Crypto-Jews, secret Jews of Spain and Mexico, are still very much in danger in 1721. Fourteen-year-old Marcela Leon's parents are dragged away to face the last auto-da-fé of the Inquisition in colonial Mexico. Although her parents survive, Marcela’s life is forever changed. Sent to the Castillo hacienda for her protection, Marcela has difficulty grasping that safety requires silence about her beliefs. Her forthright speech and budding sexuality lead her into situations beyond her comprehension, ending with her exile to the northern silver-mining town of Zacatecas, where she becomes housekeeper to a Catholic priest.


Marcela grows up to be one of the richest, most powerful women in Zacatecas, adjusting to her separation from her mother and the loss of her religion. But she can neither understand nor forgive her mother’s obstinacy and abandonment. Her husband's death unleashes a new cascade of disasters, and Marcela at last recognizes and appreciates the source of her mother's power, and her own.

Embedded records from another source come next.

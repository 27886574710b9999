//! From words to the answer written, or to the fault that ends the run.

ghost use Rattle.std.specs.Prelude.{◌≡◌, ◌≢◌, ◌⊎◌, ◌≤◌, ◌<◌, ◌++◌, ℕ, List, Some, Err, MatchOption, IsTrue, IfOk, IfErr, OnOk, OnErr, IfSome, is_some, All, map, length, take, string_bytes};
ghost use Rattle.text_ports.specs.Faults.{Rose};
ghost use Rattle.mine_model.specs.declared.fault.Fault.TheVariants.{Read, Write, NoMemory as OutOfMemory};
ghost use Rattle.mine_model.specs.declared.fault.Which.{Which};
ghost use Rattle.mine_model.specs.Limits.{most_workers};
ghost use Rattle.mine_model.specs.Names.{HasName, named_row};
ghost use Rattle.mine_model.specs.AnswerText.{text_of};
ghost use Rattle.made_input.specs.Summary.{summary_of};
ghost use Rattle.command_line.specs.Words.{Command as CommandSaid, merge, mine, SuitsTask, IsCommand, IsUsage, NamesFile, IsNamed};
ghost use Rattle.command_line.specs.Commands.{source_said, task_said, command_said};
ghost use Rattle.desq_run.specs.Ends.{Input, IsInput, IsAnswerText, NeedsNoFile, MayEndWith};
ghost use Rattle.desq_run.specs.Said.{output_of};
ghost use Rattle.desq_run.specs.Inputs.{HasRanges, IsMinedBy, HasShare, IsMined};
ghost use Rattle.desq_run.specs.Tasks.{IsDone, Gains, GainsFirst};

use super::checking::check;
use super::jobs::{NamedJob, read_job};
use super::merging::{Merged, merge_outputs};
use super::proving::prove;
use super::rows::ordered_rows;
use command_line::{Command, Source, Task, read_words};
use item_names::Names;
use made_input::summary;
use mine_model::{Fault, Gate, Mined, NoMemory, Row, Work};
use pattern_writer::{WriteFault, write};
use std::alloc::Global;
use std::sync::Wait;
use std::thread::Threads;
use text_ports::{Failed, Files, Sink, write_all};

/// How many bytes of the answer are gathered before they are written. Each write but the last has as many.
const ROOM: usize = 65_536;

/// The rows of the answer in their order, the names of their items, and the work of finding them where it is
/// asked for, of which a merge has none.
#[derive(Debug, Drop)]
struct Answer {
    names: Names,
    rows: Vec<Row>,
    work: Work,
}
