//! The search by the pivots of one share.

ghost use Rattle.std.specs.Prelude.{◌↔◌, ◌≤◌, ◌<◌, ℕ, List, Some, All, AllPairs, Contains, IsTrue, IfOk};
ghost use Rattle.std.specs.List.{AllByRecursion};
ghost use Rattle.mine_model.specs.declared.row.Row.{Row as TheRow};
ghost use Rattle.mine_model.specs.Limits.{most_workers};
ghost use Rattle.mine_model.specs.Numbered.{PatternsDiffer};
ghost use Rattle.mine_model.specs.PartitionWork.{IsNamedBefore};
ghost use Rattle.mine_model.specs.Ranks.{AreTiesByName};
ghost use Rattle.mining_job.specs.Problems.{Problem, data_of};
ghost use Rattle.mining_job.specs.Parts.{IsComplete, pivot_of};
ghost use Rattle.pivot_partition.specs.Pivots.{pivots_in};
ghost use Rattle.split_merge.specs.Shares.{IsInShare};
ghost use Rattle.desq_run.specs.Inputs.{AreFound};
ghost use Rattle.desq_run.specs.Parts.{IsShareWork};

use command_line::Share;
use mine_model::{Gate, Mined, NoMemory};
use mining_job::{Job, PartSeed};
use pivot_partition::split;
use search_engine::mine_parts;
use split_merge::is_in_share;
use std::alloc::Global;
use std::sync::Wait;
use std::thread::Threads;

/// Whether the pivot of the seed is in the share. A share that there cannot be has none.
fn has_seed(share: Share, seed: &PartSeed) -> bool
    ensures { 1 ≤ share.index → share.index ≤ share.of
        → IsTrue result ↔ IsInShare share.index share.of (pivot_of seed.now.pivot) }
{
    match seed.pivot {
        Some(rank) if 1 <= share.index && share.index <= share.of => {
            is_in_share(share.index, share.of, rank)
        }
        _ => false,
    }
}

/// The seeds whose pivots are in the share, in order. Takes no memory.
fn own_seeds(seeds: Vec<PartSeed>, share: Share) -> Vec<PartSeed>
    requires least { 1 ≤ share.index }
    requires within { share.index ≤ share.of }
    ensures complete { (problem : Problem) → All (IsComplete problem) seeds.items
        → All (IsComplete problem) result.items }
    ensures rising { AllPairs (λ low high. low < high) (pivots_in seeds.items)
        → AllPairs (λ low high. low < high) (pivots_in result.items) }
    ensures exact { (pivot : ℕ) → Contains (pivots_in result.items) pivot
        ↔ (Contains (pivots_in seeds.items) pivot × IsInShare share.index share.of pivot) }
{
    let mut own = seeds;
    own.retain(|seed| has_seed(share, seed));
    own
}

/// The frequent patterns of the job whose pivots are in the share, each once and in no stated order, and the
/// work of the search for them. The other parts are not made.
pub(crate) fn mined_share<R: Threads + Wait + Sync, G: Gate>(
    rt: &R,
    alloc: Global,
    job: &Job,
    share: Share,
    workers: u32,
    gate: &G,
) -> Result<Mined, NoMemory>
    requires workers { 1 ≤ workers }
    requires few { workers ≤ most_workers }
    requires least { 1 ≤ share.index }
    requires within { share.index ≤ share.of }
    ensures once { IfOk result (λ mined. PatternsDiffer mined.rows.items) }
    ensures found { (names : List (List ℕ)) → AreTiesByName names job.now.ranking → IfOk result (λ mined.
        AreFound (IsNamedBefore names) (Some share) (data_of job.now) mined.rows.items) }
    ensures items { IfOk result (λ mined. (row : TheRow) → Contains mined.rows.items row
        → AllByRecursion (λ t. t.0 < job.now.hierarchy.items) row.pattern) }
    ensures work { (names : List (List ℕ)) → AreTiesByName names job.now.ranking → IfOk result (λ mined.
        IsShareWork (IsNamedBefore names) (data_of job.now) share mined.work) }
{
    // The contract of `items` says that no link leads out of the items, so each ranked item is one of them.
    let _items = job.hierarchy().items();
    let seeds = split(rt, alloc, job, workers)?;
    let own = own_seeds(seeds, share);
    mine_parts(rt, alloc, job, own, workers, gate)
}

“You have become a woman in the two months you were gone,” my mother said as we finished the dish of chard and gourd. “My belly is full for the first time in two months as well.”
I looked away. I preferred her sharp tongue, her biting comments; her humility, I am ashamed to remember, shamed me. And so, although it terrified me to mention it, I needed to break through her misery. “People say you glow, Mother. I saw it myself for a moment when you came home.”
My grandfather pushed his chair back from the table and left the room without a word. And without a blessing. My mother bowed her head, and I could see her lips move over the old, familiar after-meal thanks, words she no longer dared say out loud. When she had finished she looked me in the eye. “I don’t glow. People see what they want to see. And we are eating from that, so do not complain.”
“We are eating from the garden. There is enough there to feed us without the degrading begging.”
“The degradation preceded the begging, Estér.” She called me by my Hebrew name, a name never used except on the Sabbath. I found it reassuring, almost comforting. “If the populace, fools they are, want to see Santa Susana under that hideous yellow cloth, let them. We must eat, and until your father sends money, I do what I must. Judge if you wish, but judge silently.”
At fourteen I could not be silent. But if my mother was still under the sambenito, still crafty and resilient, I could accept it. There was another burning question, another anger in me. “Tell me about Father. Where did he go?”
She shrugged. “He’s not a scholar, that is for certain, but he has a way in the market. His letter said he went north, as I told you. Your uncle is in Zacatecas, and perhaps he went there. We are stripped of all they knew we had, but there are family interests in the silver mines, and I hope that he has gone to claim them. If we don’t starve to death before he sends money, we should survive.”
“And Grandfather?”
She pursed her lips, as she had done when she first mentioned my father. “This is more than he can bear. It would be best to find him a refuge elsewhere. But I cannot live here alone, and your father said so cryptically that we would keep the house, though what sleight-of-hand he used for that I do not know. So here I have a home; your grandfather, shattered though he is, has a home; and so I must gather what little food is thrown to me, in exchange for a touch of my glowing sambenito.”
It was only when I was a woman nearing fifty that I appreciated what she had done.

About Claudia H. Long

Claudia Long is the author of Josefina's Sin, The Duel for Consuelo, The Harlot's Pen, and Chains of Silver. Three of these take place in Colonial Mexico during the Inquisition. She lives in Northern California where currently practices law as a mediator for employment and housing discrimination cases as well as complex business disputes. She is married and has two grown children and one magnificent grandchild.